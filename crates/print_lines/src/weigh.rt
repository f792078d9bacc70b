// What lines weigh before any is written: whether every one may stand, and how many bytes they have, in one pass.
ghost use Rattle.std.specs.Prelude.{◌≡◌, cond, List, ℕ, ◌+◌, ◌<◌, ◌≤◌, length, drop};
ghost use Rattle.names.specs.Name.{lines};
ghost use Rattle.names.specs.Spelling.{sanitize};
ghost use Rattle.book.specs.Entry.{entries};
ghost use Rattle.book.specs.Decode.{type_to};
ghost use Rattle.print_words.specs.Words.{word_places};
ghost use Rattle.print_words.specs.Plain.{plain_text};
ghost use Rattle.print_types.specs.Starts.{Starts};
ghost use Rattle.print_types.specs.Types.{type_bytes, Typed};
ghost use Rattle.print_forms.specs.Forms.{form_of, allowed_by};
ghost use Rattle.print_forms.specs.All.{Callable, allowed_all};
ghost use Rattle.print_lines.specs.Lines.{parts_text, printed};
ghost use Rattle.print_lines.specs.All.{printed_all};
ghost use Rattle.print_lines.specs.Named.{spelled, around};
ghost use Rattle.print_lines.specs.Weigh.{weight, Weighed};

use crate::put_comment;
use assembly::line;
use book::refusal::Refusal;
use names_spelling::clean_len;
use numbers::digits::decimal_len;
use print_forms::{check_lines, name_allowed, number_allowed, pick};
use print_pen::Pen;
use print_types::starts::name_of;
use print_words::plain::{plain_len, word_len};

// Weighs a line of kind 7 or more behind n bytes.
fn weigh_number(places: &[u16], n: usize, room: usize, kind: u16, x: u64) -> Result<usize, Refusal>
    requires places_value { places.now ≡ word_places }
    requires n_le_room { n ≤ room }
    requires le_kind { 7 ≤ kind }
    ensures { (names function from to : ℕ) → result ≡ weight (allowed_by (form_of kind) x names function from to) (n + length (plain_text kind x)) room }
{
    if !number_allowed(kind, x) {
        return Err(Refusal::BadLine);
    }
    let more = plain_len(places, kind, x);
    if room - n < more {
        return Err(Refusal::NoRoom);
    }
    Ok(n + more)
}

// How many bytes a line has of the name that it names: a syscall's all but the first six, the others' as a label spells them.
fn spelled_len(name: &[u8], kind: u16) -> usize
    requires { kind ≡ 6 → 6 ≤ length name.now }
    ensures { result ≡ spelled kind name.now }
{
    if kind == line::SYSCALL {
        return name.len() - 6;
    }
    clean_len(name)
}

// How many bytes a line of kind 1 to 6 has beside the name that it names: its word, the function's label and `__` before a block's, the
// number of arguments behind a call's, and its end.
fn around_len(places: &[u16], label: usize, kind: u16, x: u64) -> usize
    requires places_value { places.now ≡ word_places }
    requires label_bound { label < 9223372036854775808 }
    requires kind_bound { kind < 94 }
    ensures { result ≡ around label kind x }
{
    let word = word_len(places, kind);
    let block = pick(
        (line::BLOCK_LABEL <= kind) & (kind <= line::JMP_BLOCK),
        label + 2,
        0,
    );
    let digits = decimal_len(pick(kind == line::CALL, x % 256, 0));
    let args = pick(kind == line::CALL, digits + 2, 0);
    word + block + args + 2
}

// Weighs a line of kind 1 to 6 behind n bytes, where a label spells the function's name with `label`.
fn weigh_named(
    places: &[u16],
    names: &[u8],
    starts: &[u64],
    every: bool,
    label: usize,
    n: usize,
    room: usize,
    kind: u16,
    x: u64,
    count: u64,
    from: u64,
    to: u64,
) -> Result<usize, Refusal>
    requires places_value { places.now ≡ word_places }
    requires starts { Starts every names.now starts.now }
    requires callable { Callable (lines names.now) count from to }
    requires label_bound { label < 9223372036854775808 }
    requires n_le_room { n ≤ room }
    requires le_kind { 1 ≤ kind }
    requires kind_bound { kind < 7 }
    ensures { (own : ℕ) (fname : List ℕ) → label ≡ length (sanitize fname) → result ≡ weight (allowed_by (form_of kind) x count own from to) (n + length (parts_text (lines names.now) fname kind x)) room }
{
    if !name_allowed(kind, x, count, from, to) {
        return Err(Refusal::BadLine);
    }
    let name = name_of(names, starts, every, pick(kind == line::CALL, x / 256, x));
    let spelled = spelled_len(name, kind);
    let rest = around_len(places, label, kind, x);
    let left = room - n;
    if left < spelled {
        return Err(Refusal::NoRoom);
    }
    if left - spelled < rest {
        return Err(Refusal::NoRoom);
    }
    Ok(n + (spelled + rest))
}

// Weighs a line behind n bytes; a function's opening comment, of kind 0, is counted as it is written, by a pen. There are `count` names, the
// function's is `own`, spelled with `label` bytes in a label; those from `from` up to `to` start with `__uvm_`.
fn weigh_line(
    text: &mut [u8],
    n: usize,
    places: &[u16],
    names: &[u8],
    starts: &[u64],
    every: bool,
    function: &[u8],
    label: usize,
    kinds: &[u64],
    words: &[u64],
    params: u64,
    kind: u16,
    x: u64,
    count: u64,
    own: u64,
    from: u64,
    to: u64,
) -> Result<usize, Refusal>
    requires places_value { places.now ≡ word_places }
    requires starts { Starts every names.now starts.now }
    requires typed { Typed (length (lines names.now)) 64 kinds.now words.now }
    requires callable { Callable (lines names.now) count from to }
    requires n_in_bounds { n ≤ length text.old }
    requires label_value { label ≡ length (sanitize function.now) }
    ensures { Weighed (allowed_by (form_of kind) x count own from to) (n + length (printed (lines names.now) function.now (type_bytes (lines names.now) (type_to (length (lines names.now)) 64 (entries kinds.now words.now))) params kind x)) text.old text.new result }
{
    if line::PUSH_0N <= kind {
        return weigh_number(places, n, text.len(), kind, x);
    }
    if line::FN_LABEL <= kind {
        return weigh_named(
            places,
            names,
            starts,
            every,
            label,
            n,
            text.len(),
            kind,
            x,
            count,
            from,
            to,
        );
    }
    if x != own {
        return Err(Refusal::BadLine);
    }
    let Pen::Counting(next) = put_comment(
        text,
        Pen::Counting(n),
        names,
        starts,
        every,
        function,
        kinds,
        words,
        params,
    ) else {
        return Err(Refusal::NoRoom);
    };
    Ok(next)
}

// What lines weigh where those before line i may stand, and line i may not or the text is too short for it or before: whether all the
// others may stand is still to be told, since that comes first.
fn weigh_rest(
    line_kinds: &[u16],
    operands: &[u64],
    i: usize,
    count: u64,
    own: u64,
    from: u64,
    to: u64,
) -> Result<usize, Refusal>
    requires i_in_bounds { i ≤ length line_kinds.now }
    requires i_in_bounds_2 { i ≤ length operands.now }
    ensures { result ≡ cond (allowed_all count own from to (drop i line_kinds.now) (drop i operands.now)) (Err Refusal.NoRoom) (Err Refusal.BadLine) }
{
    if check_lines(&line_kinds[i..], &operands[i..], count, own, from, to) {
        Err(Refusal::NoRoom)
    } else {
        Err(Refusal::BadLine)
    }
}

// Weighs as many lines as both slices hold behind `before` bytes. Nothing is written.
pub fn weigh_lines(
    text: &mut [u8],
    before: usize,
    places: &[u16],
    names: &[u8],
    starts: &[u64],
    every: bool,
    function: &[u8],
    kinds: &[u64],
    words: &[u64],
    params: u64,
    line_kinds: &[u16],
    operands: &[u64],
    count: u64,
    own: u64,
    from: u64,
    to: u64,
) -> Result<usize, Refusal>
    requires places_value { places.now ≡ word_places }
    requires starts { Starts every names.now starts.now }
    requires typed { Typed (length (lines names.now)) 64 kinds.now words.now }
    requires callable { Callable (lines names.now) count from to }
    requires before_in_bounds { before ≤ length text.old }
    ensures { Weighed (allowed_all count own from to line_kinds.now operands.now)
        (before + length (printed_all (printed (lines names.now) function.now (type_bytes (lines names.now) (type_to (length (lines names.now)) 64 (entries kinds.now words.now))) params) line_kinds.now operands.now))
        text.old text.new result }
{
    let label = clean_len(function);
    let mut n = before;
    for i in 0..line_kinds.len().min(operands.len()) {
        match weigh_line(
            text,
            n,
            places,
            names,
            starts,
            every,
            function,
            label,
            kinds,
            words,
            params,
            line_kinds[i],
            operands[i],
            count,
            own,
            from,
            to,
        ) {
            Ok(next) => n = next,
            Err(_) => return weigh_rest(line_kinds, operands, i, count, own, from, to),
        }
    }
    Ok(n)
}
- - - -
■ Goal of the exercise ■
In the records above, find each line with the word "entries" and copy it out.

■ Exercise answer ■
ghost use Rattle.book.specs.Entry.{entries};
    ensures { Weighed (allowed_by (form_of kind) x count own from to) (n + length (printed (lines names.now) function.now (type_bytes (lines names.now) (type_to (length (lines names.now)) 64 (entries kinds.now words.now))) params kind x)) text.old text.new result }
        (before + length (printed_all (printed (lines names.now) function.now (type_bytes (lines names.now) (type_to (length (lines names.now)) 64 (entries kinds.now words.now))) params) line_kinds.now operands.now))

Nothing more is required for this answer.